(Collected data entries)
********************
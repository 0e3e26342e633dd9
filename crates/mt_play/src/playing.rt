//! A node on its journal that plays the lines of a recording.

ghost use Rattle.std.specs.Prelude.{◌≡◌, ◌≤◌, ◌^◌, ℕ, List, IfOk, IfSome, OnErr, OnOk, option_copied};
ghost use Rattle.mt_whole.specs.mt_lasting.Contents.{durable};
ghost use Rattle.mt_model.specs.declared.node.state.NodeState.{NodeState};
ghost use Rattle.mt_model.specs.declared.texts.config.SessionRow.{SessionRow};
ghost use Rattle.mt_model.specs.declared.texts.recording.Event.{Event as Line};
ghost use Rattle.mt_model.specs.texts.Contents.{contents_of};
ghost use Rattle.mt_whole.specs.mt_machine.Environment.{Environment, given_by};
ghost use Rattle.mt_whole.specs.mt_machine.State.{IsValid};
ghost use Rattle.mt_whole.specs.mt_regained.Reopened.{new_map};
ghost use Rattle.mt_whole.specs.mt_runs.Course.{Going, going_on, survives};
ghost use Rattle.mt_whole.specs.mt_runs.Whole.{opened};
ghost use Rattle.mt_whole.specs.Plan.{IsPlanned, IsStarted};
ghost use Rattle.mt_keeping.specs.States.{told_map};
ghost use Rattle.mt_play.specs.Courses.{IsTold, coming, course_by, course_in, stop_in};
ghost use Rattle.mt_play.specs.Journal.{IsReady, Keeps};
ghost use Rattle.mt_play.specs.Plays.{Brings, GoesTo, HasChangeOrNot, IsAtRest, IsLeft, IsLeftBy, IsMade, IsOnJournal, IsPlannedLine, IsPlaying, IsReopened, MayBoot, ReopensTo, RestsSomehow, StepsTo, StopsAt, has_change, left_ceiling, left_node};

use crate::course::{ComingStop, Course, course_of_line, course_of_stop};
use crate::journal::{commit, commit_if_any, commit_stopped, counts_one_more};
use mt_durable::Durable;
use mt_keeping::{Store, journals_are_recovered, states_are_reopened, states_may_be_committed};
use mt_model::{Config, Event, SentList, TableVerdicts};
use mt_outside::MemDisk;
use mt_whole::{
    Whole, WholeOutcome, commits_lead_on, lines_make_calls_where_what_lasts_changes, maps_are_maps,
    reopened_nodes_may_start, reopenings_roll_back, states_are_valid, stops_leave_all,
};
use std::alloc::{AllocError, Global};

/// A node on its journal, which lies on a disk in memory, and the verdicts on certificates by which it plays. Contracts say for which
/// written run on its way it stands, and what is given to that.
pub struct Playing<'a> {
    pub(crate) alloc: Global,
    pub(crate) config: &'a Config,
    pub(crate) whole: Whole,
    pub(crate) verdicts: TableVerdicts,
    pub(crate) store: Store<MemDisk>,
    // the stop of the disk that is to come
    pub(crate) stop: Option<ComingStop>,
}

impl<'a> Drop for Playing<'a> {
    fn drop(self) {
        let Playing {
            alloc: _,
            config: _,
            whole: _,
            verdicts: _,
            store: _,
            stop: _,
        } = self;
    }
}

/// A line that is planned: what becomes of it, and what it brings.
pub struct Planned {
    // none for a line that stops the disk
    pub(crate) outcome: Option<WholeOutcome>,
    pub(crate) course: Course,
}

impl Drop for Planned {
    fn drop(self) {
        let Planned {
            outcome: _,
            course: _,
        } = self;
    }
}

impl Planned {
    /// What becomes of the line.
    pub fn course(&self) -> Course
        ensures { result ≡ self.now.course }
    {
        self.course
    }

    /// What it brings where it is carried out, None where it stops the disk.
    pub fn outcome(&self) -> Option<&WholeOutcome>
        ensures { option_copied result ≡ self.now.outcome }
    {
        self.outcome.as_ref()
    }

    fn into_parts(self) -> (Option<WholeOutcome>, Course)
        ensures { result ≡ (self.outcome, self.course) }
    {
        let Planned { outcome, course } = self;
        (outcome, course)
    }
}

impl<'a> Playing<'a> {
    /// A new node with this configuration, in its first boot, on an empty journal.
    pub fn start(alloc: Global, config: &'a Config) -> Result<Playing<'a>, AllocError>
        ensures journal { IfOk result IsOnJournal }
        ensures plays { IfOk result (λ playing. IsPlaying playing (given_by (contents_of config.now)) config.now.sessions (going_on (opened config.now))) }
    {
        reopened_nodes_may_start();
        states_are_valid();
        let (mut store, map) = recovered(alloc, config)?;
        let whole = boot(alloc, config, &mut store, map)?;
        Ok(Playing {
            alloc,
            config,
            whole,
            verdicts: TableVerdicts::new(config)?,
            store,
            stop: None,
        })
    }

    /// Makes of the node what a line of a recording makes of it, and gives what is sent. A change that lasts is committed before it is put in
    /// place. Where the disk stops in the line nothing is sent, and the node is reopened with what the disk has. Where memory is
    /// wanting the node stays as it is, and its journal has what it had or that with the line's change, unless the disk was to
    /// stop in the line: then the reopening may have begun. No more is committed to it.
    pub fn step(&mut self, event: &Event) -> Result<SentList, AllocError>
        requires { IsOnJournal self.old }
        ensures journal { OnOk result (IsOnJournal self.new) }
        ensures config { self.new.config ≡ self.old.config }
        ensures steps { (given : Environment) (sessions : List SessionRow) (g : Going) → IsPlaying self.old given sessions g → IfOk result (StepsTo given sessions g event.now self.new) }
        ensures stays { OnErr result (self.new.whole ≡ self.old.whole) }
        ensures left { OnErr result (IsLeftBy self.old event.now self.new) }
    {
        let planned = self.plan(event)?;
        self.carry_out(planned)
    }

    /// Plans a line: what becomes of it, and what it brings. It changes nothing.
    pub fn plan(&self, event: &Event) -> Result<Planned, AllocError>
        requires { IsOnJournal self.now }
        ensures made { IfOk result (IsMade self.now) }
        ensures planned { (given : Environment) (sessions : List SessionRow) (g : Going) → IsPlaying self.now given sessions g → IfOk result (IsPlannedLine given g event.now) }
    {
        commits_lead_on();
        lines_make_calls_where_what_lasts_changes();
        let outcome = self.whole.plan(event, &self.verdicts)?;
        let course = course_of(event, changes(&outcome), self.stop);
        Ok(Planned { outcome, course })
    }

    /// Makes of the node what a planned line makes of it, and gives what is sent, as `step` does.
    pub fn carry_out(&mut self, planned: Planned) -> Result<SentList, AllocError>
        requires journal { IsOnJournal self.old }
        requires made { IsMade self.old planned }
        ensures journal { OnOk result (IsOnJournal self.new) }
        ensures config { self.new.config ≡ self.old.config }
        ensures steps { (given : Environment) (sessions : List SessionRow) (g : Going) (event : Line) → IsPlaying self.old given sessions g → IsPlannedLine given g event planned
            → IfOk result (StepsTo given sessions g event self.new) }
        ensures stays { OnErr result (self.new.whole ≡ self.old.whole) }
        ensures left { OnErr result (IsLeft planned.course planned.outcome self.old.store self.new.store) }
    {
        let (outcome, course) = planned.into_parts();
        match course {
            Course::Goes(stop) => self.go_on(outcome, stop),
            Course::Stops { by, survives: _ } => self.stop_in(outcome, by),
        }
    }

    // A line that is carried out, behind which this stop is to come.
    fn go_on(
        &mut self,
        outcome: Option<WholeOutcome>,
        stop: Option<ComingStop>,
    ) -> Result<SentList, AllocError>
        requires journal { IsOnJournal self.old }
        requires made { IfSome outcome (IsPlanned self.old.whole.interactions.state self.old.whole.interactions.ledger) }
        ensures journal { OnOk result (IsOnJournal self.new) }
        ensures config { self.new.config ≡ self.old.config }
        ensures goes { (given : Environment) (sessions : List SessionRow) (g : Going) (event : Line) → IsPlaying self.old given sessions g → Brings given g event outcome
            → IfOk result (GoesTo given sessions g event (coming stop) self.new) }
        ensures stays { OnErr result (self.new.whole ≡ self.old.whole) }
        ensures left { OnErr result (HasChangeOrNot outcome self.old.store self.new.store) }
    {
        stops_leave_all();
        commits_lead_on();
        states_may_be_committed();
        maps_are_maps();
        let Some(mut outcome) = outcome else {
            self.stop = stop;
            return Ok(SentList::new(self.alloc));
        };
        commit_if_any(&mut self.store, outcome.change())?;
        let sent = outcome.take_sent(self.alloc);
        self.whole.apply(outcome);
        self.stop = stop;
        Ok(sent)
    }

    // A line in which the disk stops: nothing is sent.
    fn stop_in(
        &mut self,
        outcome: Option<WholeOutcome>,
        by: ComingStop,
    ) -> Result<SentList, AllocError>
        requires journal { IsOnJournal self.old }
        requires made { IfSome outcome (IsPlanned self.old.whole.interactions.state self.old.whole.interactions.ledger) }
        requires stops { IfSome outcome (StopsAt by) }
        ensures journal { OnOk result (IsOnJournal self.new) }
        ensures config { self.new.config ≡ self.old.config }
        ensures stops { (given : Environment) (sessions : List SessionRow) (g : Going) (event : Line) → IsPlaying self.old given sessions g → Brings given g event outcome
            → IfOk result (ReopensTo given sessions g event (survives (stop_in by)) self.new) }
        ensures stays { OnErr result (self.new.whole ≡ self.old.whole) }
    {
        stops_leave_all();
        self.lose_power(&outcome, by)?;
        self.reopen()?;
        Ok(SentList::new(self.alloc))
    }

    // The disk stops in the commit of what a line brings, or at a line that commits nothing, and is restarted. All that was written before is
    // safe, so that a stop between two commits loses nothing, whatever its fate.
    fn lose_power(
        &mut self,
        outcome: &Option<WholeOutcome>,
        by: ComingStop,
    ) -> Result<(), AllocError>
        requires journal { IsOnJournal self.old }
        requires made { IfSome outcome.now (IsPlanned self.old.whole.interactions.state self.old.whole.interactions.ledger) }
        requires stops { IfSome outcome.now (StopsAt by) }
        ensures rests { OnOk result (IsAtRest self.new (left_node self.old outcome.now by) (left_ceiling self.old outcome.now by)) }
        ensures stays { self.new ≡ record self.old { store = self.new.store } }
    {
        journals_are_recovered();
        commits_lead_on();
        states_may_be_committed();
        maps_are_maps();
        match outcome {
            Some(outcome) => {
                commit_stopped(&mut self.store, outcome.change(), by.calls, by.fate)
            }
            None => Ok(()),
        }
    }

    // Starts the node again with what the disk has. The new boot takes the place of the old one once it is on the journal.
    fn reopen(&mut self) -> Result<(), AllocError>
        requires rests { RestsSomehow self.old }
        ensures journal { OnOk result (IsOnJournal self.new) }
        ensures config { self.new.config ≡ self.old.config }
        ensures reopened { (s : NodeState) (ceiling : ℕ) → IsAtRest self.old s ceiling → OnOk result (IsReopened s ceiling self.new) }
        ensures stays { OnErr result (self.new.whole ≡ self.old.whole) }
    {
        states_are_reopened();
        reopenings_roll_back();
        let Ok(map) = self.store.reopen(self.alloc, self.config) else {
            return Err(AllocError);
        };
        let whole = boot(self.alloc, self.config, &mut self.store, map)?;
        self.whole = whole;
        self.stop = None;
        Ok(())
    }
}

// The store of an empty journal, and the map with which a new node goes on.
fn recovered(alloc: Global, config: &Config) -> Result<(Store<MemDisk>, Durable), AllocError>
    ensures ready { IfOk result (λ both. IsReady both.0) }
    ensures told { IfOk result (λ both. told_map both.0 ≡ both.1) }
    ensures new { IfOk result (λ both. both.1 ≡ new_map (contents_of config.now)) }
{
    let disk = MemDisk::new(alloc, &[], &[])?;
    match Store::recover(alloc, disk, config) {
        Ok(both) => Ok(both),
        Err(_) => Err(AllocError),
    }
}

// The boot behind a map that the store tells, committed first.
fn boot(
    alloc: Global,
    config: &Config,
    store: &mut Store<MemDisk>,
    map: Durable,
) -> Result<Whole, AllocError>
    requires ready { IsReady store.old }
    requires told { told_map store.old ≡ map }
    requires may { MayBoot config.now map }
    ensures started { IfOk result (IsStarted map config.now) }
    ensures keeps { IfOk result (λ whole. Keeps store.new (durable whole.interactions.state.node whole.interactions.ledger.history.numbers.ceiling)) }
    ensures valid { IfOk result (λ whole. IsValid whole.interactions.state.node) }
    ensures within { IfOk result (λ whole. whole.interactions.ledger.history.numbers.ceiling ≤ 2 ^ 62) }
{
    states_may_be_committed();
    maps_are_maps();
    let counts = counts_one_more(alloc, &map)?;
    if !counts {
        return Err(AllocError);
    }
    let (whole, first) = Whole::start(alloc, map, config)?;
    commit(store, first.as_slice())?;
    Ok(whole)
}

// What becomes of a line, by whether it has something to commit, where this stop is to come.
fn course_of(event: &Event, changes: bool, stop: Option<ComingStop>) -> Course
    ensures course { course_in result ≡ course_by event.now changes (coming stop) }
    ensures told { IsTold result }
{
    match event {
        Event::Stop { calls, fate } => course_of_stop(*calls, *fate),
        _ => course_of_line(changes, stop),
    }
}

// Whether a line has something to commit.
fn changes(outcome: &Option<WholeOutcome>) -> bool
    ensures { result ≡ has_change outcome.now }
{
    match outcome {
        Some(outcome) => !outcome.change().is_empty(),
        None => false,
    }
}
********************
__Activity__. The answer must be a single number: the count of lines above that contain the word "WholeOutcome".

__Answer to the problem__. 8